▶ Your instructions: Which lines of the data contain the string "feeds"? Show each of them.

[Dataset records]
□ □ □ □ □ □ □

//! Up to where feeds are read.

/// A position up to which a feed is read, or each feed.
#[derive(Clone, Copy)]
pub struct Until<'w> {
    /// The stream whose feed it is, from 0; none for each of the feeds.
    pub stream: Option<u8>,
    /// The position's text.
    pub position: &'w str,
}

□ □ □ □ □ □ □

▶ Result:
//! Up to where feeds are read.
    /// The stream whose feed it is, from 0; none for each of the feeds.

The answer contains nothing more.